There could be trouble ahead, says Standard Life


Three years on from the global financial crisis, Standard Life Investments, a leading investment house, argues that while policy makers initially reacted well to the problems, preventing an even deeper recession, many of the most important and difficult decisions have simply been postponed. Accordingly, investors must prepare for slower economic growth and volatile financial markets for some time to come.

In the latest edition of Global Perspective, Standard Life Investments looks in detail at how the world economy and financial markets have recovered since the crash and considers some of the key issues for policy makers and investors over the next three years.

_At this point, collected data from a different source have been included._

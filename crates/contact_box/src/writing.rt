// Writing bytes out.
ghost use Rattle.std.specs.Prelude.{IsTrue};
ghost use Rattle.std.specs.Io.KnownBytes.{Appends};

use std::io::Write;

// Writes all of the bytes at once, and answers whether it could. Where it couldn't, some of them may have been written.
// No error is handed up: a write that fails ends the session or the recording, whatever failed, so a bool says all that is used.
pub(crate) fn all<W: Write>(to: &mut W, bytes: &[u8]) -> bool
    ensures { IsTrue result → Appends (W.contents to.old) (W.contents to.new) bytes.now }
{
    to.write_all(bytes).is_ok()
}
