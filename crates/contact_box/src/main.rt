// The box: serves the frames that come on standard input on a fresh, active table, by the system's clock, and writes the replies to
// standard output.
//
//     contact_box ROWS VBUCKET MODE [TRACE]
//
//     ROWS        1 to 256
//     VBUCKET     0 to 65535
//     MODE        revision or last-write-wins
//     TRACE       a file; ROWS is 32 then
//
// With a TRACE it records what it serves there, as a trace that can be replayed: that force is refused, then each frame with its clock
// and its reply, up to 65,536 bytes in all. The first frame that doesn't fit ends the recording, and a write that fails does too; serving goes on.
//
// The table keeps the latest clock: where the system's goes back, no contact that was expired to a frame comes alive again.
//
// It ends where the input ends, at a frame with outcome 2 or 3, which have the caller close, and where reading or writing fails. Then it
// says its tally and the kept clock on standard error, and how much it recorded or where it stopped to. Arguments that it can't serve by,
// or a TRACE that can't be opened, as where its name isn't UTF-8, get a line there and nothing else. The exit status is 0 in every case.
#![tactic(auto)]

mod arguments;
mod clock;
mod recorder;
mod report;
mod session;
mod writing;

ghost use Rattle.std.specs.Prelude.{◌≡◌, length};
ghost use Rattle.rows.specs.Table.{table_bytes, fresh};
ghost use Rattle.owning.specs.Owner.{size_of};
ghost use Rattle.contact_box.specs.Arguments.{mode_number, Fits};

use arguments::{Asked, Setup};
use recorder::Recorder;
use std::io::Write;

const ACTIVE: u8 = 1;

// Room for a table of 256 rows. The contract gives only the length, which lending a part needs.
fn memory() -> [u8; 335888]
    ensures { 335888 ≡ length result }
{
    [0; 335888]
}

// Room for received bytes, or for replies: as many as a pipe hands over at once.
fn area() -> [u8; 65536]
    ensures { 65536 ≡ length result }
{
    [0; 65536]
}

fn make_table(table: &mut [u8], setup: Setup)
    requires { (length table.old ≡ size_of setup.rows) × Fits setup }
    ensures { table.new ≡ table_bytes (fresh setup.rows 1 (mode_number setup.mode) setup.vbucket) }
{
    let _ = owner::make(
        table,
        setup.rows,
        ACTIVE,
        setup.mode.number(),
        setup.vbucket,
    );
}

// Serves standard input, and records to a trace where the recorder is on.
fn serve<T: Write>(rt: &HostRuntime, setup: Setup, trace: &mut T, recorder: Recorder)
    requires { Fits setup }
{
    let mut memory = memory();
    let mut received = area();
    let mut replies = area();
    let size = owner::size(setup.rows);
    let table = &mut memory[..size];
    make_table(table, setup);
    let mut input = rt.stdin();
    let mut output = rt.stdout();
    let end = session::serve_input(
        rt,
        &mut input,
        &mut output,
        trace,
        table,
        &mut received,
        &mut replies,
        recorder,
    );
    let head = rows::head_of(table);
    let mut said = rt.stderr();
    report::ended(&mut said, end.tally, head.clock);
    recorder::ended(&mut said, end.recorder);
}

// Serves and records, if the file that the fourth argument names can be opened.
fn record(rt: &HostRuntime, setup: Setup)
    requires { Fits setup }
{
    let mut said = rt.stderr();
    if let Some(mut file) = recorder::open(rt, &mut said, 4) {
        let recorder = recorder::begin(&mut file, setup.mode.number(), setup.vbucket);
        serve(rt, setup, &mut file, recorder);
    }
}

fn main(rt: HostRuntime) {
    match arguments::read(&rt) {
        Ok(Asked::Serve(setup)) => serve(&rt, setup, &mut std::io::sink(), recorder::none()),
        Ok(Asked::Record(setup)) => record(&rt, setup),
        Err(fault) => report::wrong(&mut rt.stderr(), fault),
    }
}
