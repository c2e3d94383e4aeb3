// What is said on standard error: lines, each written at once, since the boxes of several connections may share it; the system's errors
// go there in parts.
use crate::arguments::Fault;
use std::fmt::Display;
use std::io;
use std::io::Write;
use tally::Tally;

// Says a line, of at most 170 bytes.
pub(crate) fn line<W: Write, D: Display>(to: &mut W, text: &D) {
    let mut line = [0u8; 170];
    let mut room = &mut line[..];
    let _ = writeln!(room, "contact_box: {text}");
    let left = room.len();
    let _ = to.write_all(octets::part(&line, 0, octets::minus(170, left)));
}

// The tally, and the clock that the table keeps at the end.
pub(crate) fn ended<W: Write>(to: &mut W, t: Tally, kept: u32) {
    let served = t.served;
    let refused = t.refused;
    let silent = t.silent;
    line(
        to,
        &format_args!("served {served}, refused {refused}, silent {silent}, kept clock {kept}"),
    );
}

// What is wrong with the arguments.
pub(crate) fn wrong<W: Write>(to: &mut W, fault: Fault) {
    line(
        to,
        &format_args!("{fault}; usage: contact_box ROWS VBUCKET MODE [TRACE]"),
    );
}

// An error's words, without the number that its text tells behind them: `No such file or directory (os error 2)`.
fn words_of(text: &[u8]) -> &[u8] {
    let number = text
        .windows(11)
        .position(|part| matches!(part, b" (os error "));
    octets::part(text, 0, number.unwrap_or(text.len()))
}

// What failed, and why.
pub(crate) fn failed<W: Write>(to: &mut W, what: &[u8], why: io::Error) {
    let mut text = [0u8; 320];
    let mut room = &mut text[..];
    let _ = write!(room, "{why}");
    let left = room.len();
    let _ = to.write_all(what);
    let _ = to.write_all(b": ");
    let _ = to.write_all(words_of(octets::part(&text, 0, octets::minus(320, left))));
    let _ = to.write_all(b"\n");
}
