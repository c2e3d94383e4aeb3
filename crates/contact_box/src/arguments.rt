// What the program's arguments ask for.
ghost use Rattle.std.specs.Prelude.{◌≡◌, IfOk};
ghost use Rattle.contact_box.specs.Arguments.{mode_number, Fits, Allowed};

use std::env::{Env, FillError};
use std::fmt;

// What decides which of two copies of a document stands.
#[derive(Clone, Copy)]
pub(crate) enum Mode {
    Revision,
    LastWriteWins,
}

impl Mode {
    // As a table's head has it.
    pub(crate) fn number(self) -> u8
        ensures { result ≡ mode_number self }
    {
        match self {
            Mode::Revision => 1,
            Mode::LastWriteWins => 2,
        }
    }
}

// The table that is made.
#[derive(Clone, Copy)]
pub(crate) struct Setup {
    pub(crate) rows: usize,
    pub(crate) vbucket: u16,
    pub(crate) mode: Mode,
}

// To serve on a table, or to record too, on one that has the rows of the table that a trace is replayed on.
#[derive(Clone, Copy)]
pub(crate) enum Asked {
    Serve(Setup),
    Record(Setup),
}

// What is wrong: that the arguments are not three or four, or one of them.
#[derive(Debug, Clone, Copy)]
pub(crate) enum Fault {
    Count,
    Rows,
    Vbucket,
    Mode,
    Recorded,
}

impl fmt::Display for Fault {
    fn fmt<W: fmt::Write>(&self, f: &mut fmt::Formatter<W>) -> fmt::Result {
        f.write_str(match self {
            Fault::Count => "three or four arguments are wanted",
            Fault::Rows => "ROWS is 1 to 256",
            Fault::Vbucket => "VBUCKET is 0 to 65535",
            Fault::Mode => "MODE is revision or last-write-wins",
            Fault::Recorded => "with a TRACE, ROWS is 32",
        })
    }
}

// Whether there is such an argument, of any length.
fn is_there(args: &impl Env, i: usize) -> bool {
    let mut word = [0u8; 1];
    !matches!(args.arg(i, &mut word), Err(FillError::NotPresent))
}

// The number that an argument spells.
fn number_at(args: &impl Env, i: usize) -> Option<u64> {
    let mut word = [0u8; 32];
    let n = args.arg(i, &mut word).ok()?;
    digits::parse(&word[..n])
}

// The mode that an argument names.
fn mode_at(args: &impl Env, i: usize) -> Option<Mode> {
    let mut word = [0u8; 32];
    let n = args.arg(i, &mut word).ok()?;
    match &word[..n] {
        b"revision" => Some(Mode::Revision),
        b"last-write-wins" => Some(Mode::LastWriteWins),
        _ => None,
    }
}

fn setup_of(rows: Option<u64>, vbucket: Option<u64>, mode: Option<Mode>) -> Result<Setup, Fault>
    ensures { IfOk result Fits }
{
    let Some(rows @ 1..=256) = rows else {
        return Err(Fault::Rows);
    };
    let Some(vbucket @ ..=0xffff) = vbucket else {
        return Err(Fault::Vbucket);
    };
    Ok(Setup {
        rows: rows as usize,
        vbucket: vbucket as u16,
        mode: mode.ok_or(Fault::Mode)?,
    })
}

// The program's own name is argument 0.
pub(crate) fn read(args: &impl Env) -> Result<Asked, Fault>
    ensures { IfOk result Allowed }
{
    if !is_there(args, 3) || is_there(args, 5) {
        return Err(Fault::Count);
    }
    let setup = setup_of(number_at(args, 1), number_at(args, 2), mode_at(args, 3))?;
    if !is_there(args, 4) {
        return Ok(Asked::Serve(setup));
    }
    if setup.rows != 32 {
        return Err(Fault::Recorded);
    }
    Ok(Asked::Record(setup))
}
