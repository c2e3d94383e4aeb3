// The system's clock.
ghost use Rattle.std.specs.Prelude.{◌≡◌, min};

use std::time::Clock;

// A time as a table's clock has it, in 32 bits: the nearest that there is.
fn seconds(t: u64) -> u32
    ensures { result ≡ min t 4294967295 }
{
    u32::try_from(t).unwrap_or(u32::MAX)
}

// Seconds since 1970: none where the clock can't be read, or is before that year.
pub(crate) fn now(clock: &impl Clock) -> u32 {
    match clock.since_1970() {
        Ok(t) => seconds(t.as_secs()),
        Err(_) => 0,
    }
}
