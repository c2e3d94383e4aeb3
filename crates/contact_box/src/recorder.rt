// Recording what is served as a trace, to a file.
ghost use Rattle.std.specs.Prelude.{◌≡◌, ◌+◌, ◌≤◌, length};
ghost use Rattle.serving.specs.Serve.{served_told};
ghost use Rattle.trace_writer.specs.Writing.{opening_bytes, frame_fields};
ghost use Rattle.contact_box.specs.Recorder.{opened, is_on, stopped, grown, Grows, Short, Records, Hands, HandsOn};

use crate::{report, writing};
use outcome::Refusal;
use serving::Served;
use std::env::{Env, FillError};
use std::fs::Files;
use std::io::Write;
use std::{fmt, fs, io};
use trace::LONGEST;
use trace_writer::BEGINNING;

// Nothing is recorded; all is, so far; or the recording has stopped for good: the next fields would make the trace longer than one
// may be, or the file couldn't be written.
#[derive(Clone, Copy)]
pub(crate) enum Recording {
    Off,
    On,
    Full,
    Failed,
}

// at: the trace's length, which is the place of its next field; clock: the one that it told last, 0 before any.
#[derive(Clone, Copy)]
pub(crate) struct Recorder {
    at: usize,
    frames: u64,
    clock: u32,
    recording: Recording,
}

pub(crate) fn none() -> Recorder {
    Recorder {
        at: 0,
        frames: 0,
        clock: 0,
        recording: Recording::Off,
    }
}

const NAME_TOO_LONG: i32 = 36;

const NOT_THERE: i32 = 22;

const NOT_TEXT: i32 = 84;

// The system's error for an argument that can't be had.
fn error_of(why: FillError) -> io::Error {
    match why {
        FillError::TooLong => io::Error::from_raw_os_error(NAME_TOO_LONG),
        FillError::NotPresent => io::Error::from_raw_os_error(NOT_THERE),
    }
}

// Opens the file of a name, which is empty then.
fn open_named<R: Files>(files: &R, name: &[u8]) -> io::Result<R::File> {
    let Ok(path) = std::str::from_utf8(name) else {
        return Err(io::Error::from_raw_os_error(NOT_TEXT));
    };
    fs::create(files, path)
}

// Opens the file that an argument names, or says why it can't.
pub(crate) fn open<R: Env + Files, W: Write>(rt: &R, said: &mut W, i: usize) -> Option<R::File> {
    let mut name = [0u8; 4096];
    let n = match rt.arg(i, &mut name) {
        Ok(n) => n,
        Err(why) => {
            report::failed(said, b"contact_box: TRACE", error_of(why));
            return None;
        }
    };
    match open_named(rt, &name[..n]) {
        Ok(file) => Some(file),
        Err(why) => {
            report::failed(said, &name[..n], why);
            None
        }
    }
}

// A recorder whose opening was written or not.
fn opened(written: bool) -> Recorder
    ensures { result ≡ opened written }
{
    if written {
        return Recorder {
            at: BEGINNING,
            frames: 0,
            clock: 0,
            recording: Recording::On,
        };
    }
    Recorder {
        at: 0,
        frames: 0,
        clock: 0,
        recording: Recording::Failed,
    }
}

// Begins a trace by its opening and the rule of force that the box serves by.
pub(crate) fn begin<T: Write>(trace: &mut T, mode: u8, vbucket: u16) -> Recorder
    ensures fields { Hands result.recording (T.contents trace.old) (T.contents trace.new) (opening_bytes mode vbucket) }
{
    let mut opening = [0u8; BEGINNING];
    trace_writer::put_opening(&mut opening, mode, vbucket);
    opened(writing::all(trace, &opening))
}

pub(crate) fn is_on(r: Recorder) -> bool
    ensures { result ≡ is_on r.recording }
{
    matches!(r.recording, Recording::On)
}

// The recorder after n bytes more for one frame, which were written or not.
fn grown(r: Recorder, clock: u32, n: usize, written: bool) -> Recorder
    requires { r.at + n ≤ 65536 }
    ensures { result ≡ grown r clock n written }
{
    if written {
        return Recorder {
            at: r.at + n,
            frames: numbers::next(r.frames),
            clock,
            recording: Recording::On,
        };
    }
    stopped(r, Recording::Failed)
}

fn stopped(r: Recorder, recording: Recording) -> Recorder
    ensures { result ≡ stopped r recording }
{
    Recorder { recording, ..r }
}

// Records a frame that was served at a clock, and its reply, which is empty for a silent frame.
fn record<T: Write>(trace: &mut T, r: Recorder, clock: u32, frame: &[u8], reply: &[u8]) -> Recorder
    requires { (length frame.now ≤ 1424) × (length reply.now ≤ 1302) }
    ensures fields { Hands result.recording (T.contents trace.old) (T.contents trace.new)
        (frame_fields r.clock clock frame.now reply.now) }
    ensures grows { Grows r clock (frame_fields r.clock clock frame.now reply.now) result }
{
    let mut fields = [0u8; 2739];
    let n = trace_writer::put_served(&mut fields, r.clock, clock, frame, reply);
    if octets::minus(LONGEST, r.at) < n {
        return stopped(r, Recording::Full);
    }
    let written = writing::all(trace, octets::part(&fields, 0, n));
    grown(r, clock, n, written)
}

// Records what a call answered, if it served a frame.
pub(crate) fn record_answer<T: Write>(
    trace: &mut T,
    r: Recorder,
    clock: u32,
    answer: Result<Served, Refusal>,
    frame: &[u8],
    reply: &[u8],
) -> Recorder
    requires { Short (served_told answer) frame.now reply.now }
    ensures fields { HandsOn (served_told answer) result.recording (T.contents trace.old) (T.contents trace.new)
        (frame_fields r.clock clock frame.now reply.now) }
    ensures records { Records r clock (served_told answer) frame.now reply.now result }
{
    match answer {
        Ok(_) => record(trace, r, clock, frame, reply),
        Err(_) => r,
    }
}

// What was recorded, or where the recording stopped.
impl fmt::Display for Recorder {
    fn fmt<W: fmt::Write>(&self, f: &mut fmt::Formatter<W>) -> fmt::Result {
        let at = self.at;
        let frames = self.frames;
        match self.recording {
            Recording::Off => Ok(()),
            Recording::On => write!(f, "recorded {frames} frames, {at} bytes"),
            Recording::Full => write!(
                f,
                "recording stopped at {at} after {frames} frames: the trace is full"
            ),
            Recording::Failed => write!(
                f,
                "recording stopped at {at} after {frames} frames: the file can't be written and may end in a cut field"
            ),
        }
    }
}

// Says so, where anything was to be recorded.
pub(crate) fn ended<W: Write>(said: &mut W, r: Recorder) {
    if !matches!(r.recording, Recording::Off) {
        report::line(said, &r);
    }
}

Andrew Milligan (pictured), Head of Global Strategy, Standard Life Investments, says: "Every downturn is different to some degree but the global recession and crisis of 2009-10 was unusual compared with recent history and the recovery is equally atypical. The good news is that some progress has been made by the corporate and financial sectors, the bad news is that many of the difficult decisions facing the government and household sectors have simply been postponed. This has important implications for investors: economic growth will be slow in the major OECD economies for some years, with financial markets showing a saw toothed pattern as they are affected alternatively by stimulus measures and structural headwinds.

"Every action has a reaction. An important conclusion from our analysis is that investors and policy makers must recognise some of the unintended consequences of the policy decision which were taken back in 2008-09. For example, the US government took several steps to support the housing market but a market clearing price was not achieved leading to an unusual lack of mobility of labour due to persistent negative equity. Another US example would be the adoption of QE causing depreciation in the US dollar and therefore contributing to higher commodity prices and imported inflation.

"Much of the strength of the global economic recovery has been dependant upon emerging markets, which via a strong consumer and an industrialisation process driving commodity demand, has been a chief driver of the recovery in global stock market profits. One risk to monitor is that GEM monetary policy is kept too loose, resulting in an unsustainable mix of consumer inflation, property bubbles, current account imbalances and foreign exchange accumulation. A repeat of the 1997-98 financial crisis when capital leaves an asset class too quickly, would be dangerous. The second risk is political disruptions leading to markedly higher commodity prices, especially oil. A supply side shock could severely squeeze growth prospects.

"While there has been a degree of rebalancing of the global economy since the crisis considerable problems remain. We expect historically low rates of OECD economic growth and volatile financial markets reacting to policy decisions in both the OECD and GEM. High levels of debt in some countries, high levels of savings in others, combined with unduly low real interest and exchange rates, are all resulting in sizeable sovereign stress. At best the world economy might be half way through the adjustment process, at worse the seeds are being sown for the next investment bubble and bust."